Gretna Green in Dumfries and Galloway is possibly the most romantic place in Scotland, if not in the UK. This small Scottish village has become synonymous with romance and runaway lovers.

In 1754 a new law, Lord Hardwicke’s Marriage Act, was brought into force in England. This law required young people to be over 21 years of age if they wished to marry without their parents’ or guardian’s consent. The marriage was required to be a public ceremony in the couple’s parish, with an official of the Church presiding. The new law was rigorously enforced and carried a sentence of 14 years transportation for any clergyman found breaking it.

The Scots however did not change the law and continued with their centuries-old marriage customs. The law in Scotland allowed anyone over the age of 15 to enter into marriage provided they were not closely related to each other and were not in a relationship with anyone else.

This marriage contract could be made wherever the couple liked, in private or in public, in the presence of others or no-one at all.

The ‘irregular marriage’ ceremony would be short and simple, something like:

“Are you of marriageable age? Yes

Are you free to marry? Yes

You are now married.”

A marriage in the Scottish tradition could take place anywhere on Scottish soil.

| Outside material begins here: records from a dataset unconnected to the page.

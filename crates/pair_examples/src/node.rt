//! A node over the test guest as a script drives it.

use colo_base::{Frames, NoMemory};
use colo_wire::{Gate, HearFault, Told, Turned};
use node_primary::Primary;
use node_secondary::Secondary;
use state_wire::{Guest, ScriptGuest};
use std::alloc::Global;

/// What a script drives. No call has a clause, so that what the contracts say stands in no goal of
/// a test.
pub trait Node {
    /// One whose guest has this table; `None` where memory ran out.
    fn start(alloc: Global, table: Vec<Frames>) -> Option<Self>
    where
        Self: Sized;
    /// Hears a message.
    fn listen(&mut self, message: &[u8], out: &mut Frames) -> Result<Told, HearFault>;
    /// Makes a turn with a clock and a wish for a frame.
    fn go(&mut self, ticks: u64, wish: bool, out: &mut Frames) -> Result<Turned, NoMemory>;
    /// A client's frame comes; `None` where it can't.
    fn receive(
        &mut self,
        index: u64,
        frame: &[u8],
        out: &mut Frames,
    ) -> Result<Option<Gate>, NoMemory>;
    /// Hears that the other node stopped.
    fn survive(&mut self, out: &mut Frames) -> Result<(), NoMemory>;
    /// Captures a checkpoint.
    fn capture(&mut self) -> Result<Option<u32>, NoMemory>;
    /// Takes the oldest message that waits.
    fn oldest(&mut self) -> Option<Vec<u8>>;
    /// Appends the guest's state.
    fn state(&self, into: &mut Vec<u8>) -> Result<(), NoMemory>;
    /// How many turns the guest made.
    fn turned(&self) -> u64;
}

impl Node for Secondary<ScriptGuest> {
    fn start(alloc: Global, table: Vec<Frames>) -> Option<Secondary<ScriptGuest>> {
        Secondary::new(alloc, ScriptGuest::new(alloc, table)).ok()
    }

    fn listen(&mut self, message: &[u8], out: &mut Frames) -> Result<Told, HearFault> {
        self.hear(message, out)
    }

    fn go(&mut self, ticks: u64, wish: bool, out: &mut Frames) -> Result<Turned, NoMemory> {
        let (turned, _) = self.turn(ticks, wish, 0, 0, out)?;
        Ok(turned)
    }

    fn receive(
        &mut self,
        index: u64,
        frame: &[u8],
        out: &mut Frames,
    ) -> Result<Option<Gate>, NoMemory> {
        if !self.is_alone() {
            return Ok(None);
        }
        Ok(Some(self.ingress(index, frame, out)?))
    }

    fn survive(&mut self, out: &mut Frames) -> Result<(), NoMemory> {
        self.report(out)
    }

    fn capture(&mut self) -> Result<Option<u32>, NoMemory> {
        Ok(None)
    }

    fn oldest(&mut self) -> Option<Vec<u8>> {
        self.outgoing()
    }

    fn state(&self, into: &mut Vec<u8>) -> Result<(), NoMemory> {
        self.guest().state(into)
    }

    fn turned(&self) -> u64 {
        self.guest().turned()
    }
}

impl Node for Primary<ScriptGuest> {
    fn start(alloc: Global, table: Vec<Frames>) -> Option<Primary<ScriptGuest>> {
        Primary::new(alloc, ScriptGuest::new(alloc, table)).ok()
    }

    fn listen(&mut self, message: &[u8], out: &mut Frames) -> Result<Told, HearFault> {
        self.hear(message, out)
    }

    fn go(&mut self, ticks: u64, wish: bool, out: &mut Frames) -> Result<Turned, NoMemory> {
        let (turned, _) = self.turn(ticks, wish, 0, 0, out)?;
        Ok(turned)
    }

    fn receive(
        &mut self,
        index: u64,
        frame: &[u8],
        out: &mut Frames,
    ) -> Result<Option<Gate>, NoMemory> {
        Ok(Some(self.ingress(index, frame, out)?))
    }

    fn survive(&mut self, out: &mut Frames) -> Result<(), NoMemory> {
        self.report(out)
    }

    fn capture(&mut self) -> Result<Option<u32>, NoMemory> {
        self.ask()
    }

    fn oldest(&mut self) -> Option<Vec<u8>> {
        self.outgoing()
    }

    fn state(&self, into: &mut Vec<u8>) -> Result<(), NoMemory> {
        self.guest().state(into)
    }

    fn turned(&self) -> u64 {
        self.guest().turned()
    }
}
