//! A secondary whose primary stops: before a checkpoint, in the middle of one and after it. What
//! the guest sends goes out under the number 5000.

use crate::script::plays;
use node_secondary::Secondary;
use state_wire::ScriptGuest;
use std::process::Abort;
use std::test::Fail;

/// The guest takes the client's SYN and answers it. Two messages about that wait.
const OPENED: &str = "\
hear number 00001388 : 2
hear frame syn : 1
turn 1 1 : 5
";

/// What waits is lost, and from then on nothing is due.
const WAITING: &str = "\
client 6 ack-5004 : not alone
report : 1
out 0 syn-5000 : yes
says : nothing
hear number 00001388 : not due 2
hear begin 00000001 : not due 3
turn 4 0 : -
released : 1
out 0 first-5001 : yes
says : nothing
report : 0
";

/// The guest sends bytes that the primary's guest didn't send.
const SENT: &str = "\
turn 7 0 : -
";

/// The messages of a checkpoint without its end.
const PARTS: [&str; 5] = [
    "hear begin 00000001 : 3\n",
    "hear state 0000000000000064 : 4\n",
    "hear held syn : 8\n",
    "hear line 01 opened 00000000 : 9\n",
    "hear 0A 00000003 616263 : 10\n",
];

/// The guest's number is 31 * 0 + 1 + 1, which is 2, and then 31 * 2 + 7 + 1, which is 70.
const UNLOADED: &str = "\
report : 2
out 0 syn-5000 : yes
out 1 abd-5001 : yes
says : nothing
state 0000000000000046 syn : yes
turns : 2
";

/// The end of the checkpoint.
const COMMIT: &str = "\
hear end 00000001 : 11 commits 1
";

/// The acknowledgement waits, and is lost. The guest's number is 100, and then 31 * 100 + 0 + 1,
/// which is 3101.
const LOADED: &str = "\
report : 2
out 0 syn-5000 : yes
out 1 abc-5001 : yes
says : nothing
state 0000000000000064 : yes
turn 0 1 : 5
state 0000000000000C1D syn : yes
turns : 3
";

/// The guest opens again, with 5000 this time, and has sent no byte since.
const REOPENED: &str = "\
turn 6 0 : -
report : 1
out 0 syn-5000 : yes
";

/// The client acknowledges three bytes, which are forgotten, and then more than was sent. The guest
/// is told the acknowledgement of its own number, sends the next seven bytes, and then the first
/// three again: none of them is left, and a segment without bytes goes out. The guest's number is
/// 31 * 2 + 4 + 1, which is 67, and then 31 * 67 + 5 + 1, which is 2083.
const TRIMMED: &str = "\
client 6 ack-5004 : taken 1000 5000 4
released : 0
client 7 ack-5012 : taken 1000 5000 0
turn 5 1 : 6
released : 1
out 0 rest-5004 : yes
state 0000000000000823 ack-9004 : yes
turn 4 0 : -
released : 1
out 0 ack-5011 : yes
";

/// 4,096 frames wait, and one more finds room after a turn took one. An ARP request needs none.
const FULL: &str = "\
report : 0
crowd 5 syn : taken
client 6 syn : full
client 7 datagram : dropped 14
client 8 arp : answered
released : 1
out 0 reply : yes
turn 0 1 : 5
client 9 syn : taken
client 10 syn : full
";

/// A message of a checkpoint, where it is below so many.
fn part(k: usize, count: usize) -> &'static str {
    if k < count && k < PARTS.len() {
        PARTS[k]
    } else {
        ""
    }
}

/// Plays a stop after so many of the messages of a checkpoint.
fn stops_after<R: Abort + AllocGlobal>(rt: &R, count: usize) -> Result<(), Fail> {
    let scripts = [
        OPENED,
        SENT,
        part(0, count),
        part(1, count),
        part(2, count),
        part(3, count),
        part(4, count),
        UNLOADED,
    ];
    plays::<R, Secondary<ScriptGuest>>(rt, &scripts)
}

/// Plays what comes after the commit of a checkpoint.
fn stops_loaded<R: Abort + AllocGlobal>(rt: &R, script: &str) -> Result<(), Fail> {
    let [begin, state, held, line, bytes] = PARTS;
    let scripts = [
        OPENED, SENT, begin, state, held, line, bytes, COMMIT, script,
    ];
    plays::<R, Secondary<ScriptGuest>>(rt, &scripts)
}

#[test]
fn the_primary_stops_while_messages_wait(rt: HostRuntime) -> Result<(), Fail> {
    plays::<_, Secondary<ScriptGuest>>(&rt, &[OPENED, WAITING])
}

#[test]
fn the_primary_stops_before_a_checkpoint_is_whole(rt: HostRuntime) -> Result<(), Fail> {
    for count in 0..6 {
        stops_after(&rt, count)?;
    }
    Ok(())
}

#[test]
fn the_primary_stops_after_a_commit(rt: HostRuntime) -> Result<(), Fail> {
    stops_loaded(&rt, LOADED)?;
    stops_loaded(&rt, REOPENED)
}

#[test]
fn a_survivor_is_acknowledged_and_trimmed(rt: HostRuntime) -> Result<(), Fail> {
    plays::<_, Secondary<ScriptGuest>>(&rt, &[OPENED, WAITING, TRIMMED])
}

#[test]
fn a_survivor_with_a_full_inbox(rt: HostRuntime) -> Result<(), Fail> {
    plays::<_, Secondary<ScriptGuest>>(&rt, &[FULL])
}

Being so close to the English border, Gretna was popular with English couples wanting to marry but when in the 1770s a toll road was built running through the village making it even more accessible from south of the border, it soon became renowned as the destination for eloping couples.

Gretna Green

Forbidden romance and runaway marriages were popularised in the fiction of the time, for example in the novel ‘Pride and Prejudice’ by Jane Austen.

English couples usually preferred to keep some English marriage traditions and so looked for someone in authority to oversee the ceremony. The most senior and respected craftsman or artisan in the countryside was the village blacksmith, and so the Blacksmith’s Forge at Gretna Green became a favourite place for weddings.

The tradition of the blacksmith sealing the marriage by striking his anvil led to the Gretna blacksmiths becoming known as ‘anvil priests’. Indeed the blacksmith and his anvil are now symbols of Gretna Green weddings. Gretna Green’s famous Blacksmiths Shop, the Old Smithy where lovers have come to marry since 1754, is still in the village and still a wedding venue.

There are now several other wedding venues in Gretna Green and marriage ceremonies are still performed over a blacksmith’s anvil. Gretna Green remains one of the most popular places for weddings and thousands of couples from all around the world flock to this Scottish village to be married each year.